Using the Walmart example above, we find that there is an element of “noise” which means that above-trend increases in seasonally-adjusted sales tend to be followed (on average) by slightly below-trend sales increases over the following two quarters. However, the data shows some longer-term trending, with stronger-than-average quarterly sales results pointing to stronger-than-average quarterly sales increases between 3 and 6 quarters into the future. Overall, the historical data indicates that (all else being equal) if Walmart announces 1% stronger sales in the current quarter, we should probably lift our expectation of sales two years into the future by somewhere between 1.0% and 1.2%.

This short-term reversion combined with modest trending over the medium term is pretty typical for large mature businesses, but different businesses can have a different tendency to trend or revert. Working out what sort of business you’re looking at is important, as it will inform how strongly you should react to a sales surprise.

For many companies, we won’t have enough meaningful historical data to make a good inference about whether sales will tend to keep trending in the same direction, or whether they’re more likely to bounce back in the opposite direction. It is therefore important to supplement or replace any statistical analysis with the insight that we can get some rules of thumb that help us determine whether a sales surprise is indicative of a change in trend or just noise. Some of the rules of thumb I find useful are:

  • Sales surprises are more likely to be noise for companies with lumpy sales (e.g. construction companies, to use an extreme example).
  • Sales surprises are most likely to represent change in trends for companies that get most of their revenue from subscriptions or other regularly recurring revenue from the same customers. If a company gains a new subscriber half-way through the quarter, then they’ll get one and a half months of revenue from the subscriber in that quarter, followed by 3 months of revenue in the next quarter, thereby continuing the upward trend in revenues.
  • Sales increases due to market share gains often persist in the same direction for much longer than changes due to the economic cycle. For example, consider the fashion industry, where aggregate sales can rise and fall from one year to the next, but individual retailers can steadily gain (or lose) market share over the course of a decade.
  • Sales have a greater tendency to trend for rapidly growing businesses than for businesses that are growing more in line with GDP. For example, with the cloud services businesses of Amazon’s AWS and Microsoft’s Azure, there is a strong tendency for growth in one quarter to be followed by similar growth in the following quarter.
  • Company management will often call out one-off factors that they believe have affected the results, and it is important to consider these factors. However, this should not be done blindly, as company management are far more likely to look for excuses when they deliver poor results than to highlight any tailwinds that helped them deliver better-than-expected results.
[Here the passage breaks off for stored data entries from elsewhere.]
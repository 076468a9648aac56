// What a row of records and one of entries hold before they are filled.
#![tactic(auto)]

ghost use Rattle.std.specs.Prelude.{◌≡◌};
ghost use Rattle.small_row.specs.Blank.{blank_record, blank_entry};

use rules::{Entry, Record};

pub fn no_record() -> Record
    ensures { result ≡ blank_record }
{
    Record {
        ordinal: 0,
        page: 0,
        h: 0,
        v: 0,
        font: 0,
        size: 0,
        place: 0,
        len: 0,
        index: 0,
        gap: 0,
    }
}

pub fn no_entry() -> Entry
    ensures { result ≡ blank_entry }
{
    Entry {
        command: 0,
        letter: 0,
        scheme: 0,
        ordinal: 0,
        place: 0,
        len: 0,
        h: 0,
        v: 0,
    }
}
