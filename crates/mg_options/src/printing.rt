//! The values of options, as documents hold them.
ghost use Rattle.std.specs.Prelude.{◌≡◌, Some, None, IfOk, IfErr, option_map};
ghost use Rattle.mg_bson.specs.Literal.{◌⇒◌⨾◌, empty};
ghost use Rattle.mg_bson.specs.Tree.{document, string};
ghost use Rattle.mg_bson.specs.View.{tree};
ghost use Rattle.mg_link.specs.Concerns.{acknowledged, preference_word, so_many};
ghost use Rattle.mg_link.specs.Errors.{plain};
ghost use Rattle.mg_link.specs.declared.error.ErrorKind.TheVariants as kinds;
ghost use Rattle.mg_options.specs.Collations.{alternate_word, case_first_word, collation_lines, max_variable_word};
ghost use Rattle.mg_options.specs.Fields.{FailsBy, given, lines, nested, shown, unfit_of};
ghost use Rattle.mg_options.specs.Printing.{count, cursor, flag, inner, limit, members, members_of, millis, size, time, value, word, word_value};
ghost use Rattle.mg_options.specs.Shown.{collation, full_document, full_document_before, hint, quorum, read_concern, selection, strength, write_concern};
ghost use Rattle.mg_options.specs.Values.{part};

use crate::collation::{
    Collation, CollationAlternate, CollationCaseFirst, CollationMaxVariable, CollationStrength,
};
use crate::field::{Print, put_given};
use crate::full_document::{FullDocumentBeforeChangeType, FullDocumentType};
use crate::token::ResumeToken;
use crate::write_words::{CommitQuorum, Hint};
use mg_bson::{Bson, Document, Timestamp};
use mg_link::{
    Acknowledgment, BadArgument, Error, ErrorKind, ReadConcern, ReadConcernLevel, ReadPreference,
    SelectionCriteria, WriteConcern, plain,
};
use std::alloc::Global;

// A value of a document that stands inside another.
#[derive(Clone, Copy)]
pub(crate) enum Part<'a> {
    Text(&'a String),
    Flag(Option<bool>),
    Strength(Option<CollationStrength>),
    CaseFirst(Option<CollationCaseFirst>),
    Alternate(Option<CollationAlternate>),
    MaxVariable(Option<CollationMaxVariable>),
    Level(&'a ReadConcernLevel),
    Acknowledgment(&'a Option<Acknowledgment>),
    Millis(Option<u64>),
}

/// A value of an option, to be printed.
#[derive(Clone, Copy)]
pub enum Value<'a> {
    /// True or false.
    Flag(Option<bool>),
    /// The size of a batch, an Int32.
    Size(Option<u32>),
    /// The size of a batch in the document of a cursor.
    Cursor(Option<u32>),
    /// A number, an Int64.
    Count(Option<u64>),
    /// A limit, whose sign is left out: an Int64.
    Limit(Option<i64>),
    /// Milliseconds: an Int32 where they fit, else an Int64.
    Millis(Option<u64>),
    /// A time of the server's log of operations.
    Time(Option<Timestamp>),
    /// A document.
    Document(&'a Option<Document>),
    /// Any value.
    Any(&'a Option<Bson>),
    /// A resume token.
    Token(&'a Option<ResumeToken>),
    /// Which index is to be used.
    Hint(&'a Option<Hint>),
    /// How many servers are to be ready.
    Quorum(&'a Option<CommitQuorum>),
    /// Which documents events hold in full.
    FullDocument(&'a Option<FullDocumentType>),
    /// Which documents events hold as they were before.
    FullDocumentBefore(&'a Option<FullDocumentBeforeChangeType>),
    /// How texts are compared.
    Collation(&'a Option<Collation>),
    /// What data is read.
    ReadConcern(&'a Option<ReadConcern>),
    /// How far a write is to have come.
    WriteConcern(&'a Option<WriteConcern>),
    /// Which servers may be asked. The primary alone is left out, since a server takes it so.
    Selection(Option<SelectionCriteria>),
}

fn refused(argument: BadArgument) -> Error
    ensures { result ≡ plain (kinds.InvalidArgument argument) }
{
    plain(ErrorKind::InvalidArgument(argument))
}

fn text(alloc: Global, word: &str) -> Result<Option<Bson>, Error>
    ensures ok { IfOk result (λ v. option_map tree v ≡ Some (string word.now)) }
    ensures err { IfErr result (λ e. e ≡ plain kinds.OutOfMemory) }
{
    let word = String::from_str(alloc, word)?;
    Ok(Some(Bson::String(word)))
}

fn print_flag(value: Option<bool>) -> Option<Bson>
    ensures { flag value ≡ given (option_map tree result) }
{
    match value {
        Some(flag) => Some(Bson::Boolean(flag)),
        None => None,
    }
}

fn print_time(value: Option<Timestamp>) -> Option<Bson>
    ensures { time value ≡ given (option_map tree result) }
{
    match value {
        Some(time) => Some(Bson::Timestamp(time)),
        None => None,
    }
}

fn print_size(value: Option<u32>) -> Result<Option<Bson>, Error>
    ensures ok { IfOk result (λ v. size value ≡ given (option_map tree v)) }
    ensures err { IfErr result (λ e. FailsBy (unfit_of (size value)) e) }
{
    match value {
        Some(n) => match i32::try_from(n) {
            Ok(n) => Ok(Some(Bson::Int32(n))),
            Err(_) => Err(refused(BadArgument::BatchSize)),
        },
        None => Ok(None),
    }
}

fn print_cursor(alloc: Global, value: Option<u32>) -> Result<Option<Bson>, Error>
    ensures ok { IfOk result (λ v. cursor value ≡ given (option_map tree v)) }
    ensures err { IfErr result (λ e. FailsBy (unfit_of (cursor value)) e) }
{
    let Some(n) = value else {
        return Ok(None);
    };
    match i32::try_from(n) {
        Ok(n) => {
            let mut cursor = Document::new(alloc);
            cursor.append("batchSize", Bson::Int32(n))?;
            Ok(Some(Bson::Document(cursor)))
        }
        Err(_) => Err(refused(BadArgument::BatchSize)),
    }
}

fn print_count(value: Option<u64>) -> Result<Option<Bson>, Error>
    ensures ok { IfOk result (λ v. count value ≡ given (option_map tree v)) }
    ensures err { IfErr result (λ e. FailsBy (unfit_of (count value)) e) }
{
    match value {
        Some(n) => match i64::try_from(n) {
            Ok(n) => Ok(Some(Bson::Int64(n))),
            Err(_) => Err(refused(BadArgument::Number)),
        },
        None => Ok(None),
    }
}

fn print_limit(value: Option<i64>) -> Result<Option<Bson>, Error>
    ensures ok { IfOk result (λ v. limit value ≡ given (option_map tree v)) }
    ensures err { IfErr result (λ e. FailsBy (unfit_of (limit value)) e) }
{
    match value {
        Some(n) => match i64::try_from(n.unsigned_abs()) {
            Ok(n) => Ok(Some(Bson::Int64(n))),
            Err(_) => Err(refused(BadArgument::Limit)),
        },
        None => Ok(None),
    }
}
Separating the trend from the noise in company results involves both art and science. It is important to think carefully about what the results are really telling you and avoid jumping to conclusions too early. 

Nicholas Bagnall is Chief Investment Officer of Te Ahumairangi Investment Management

Disclaimer: This article is for informational purposes only and is not, nor should be construed as, investment advice for any person. The writer is a director and shareholder of Te Ahumairangi Investment Management Limited, and an investor in the Te Ahumairangi Global Equity Fund. Te Ahumairangi manages client portfolios (including the Te Ahumairangi Global Equity Fund) that invest in global equity markets. These portfolios hold shares in Walmart, which is discussed in this article.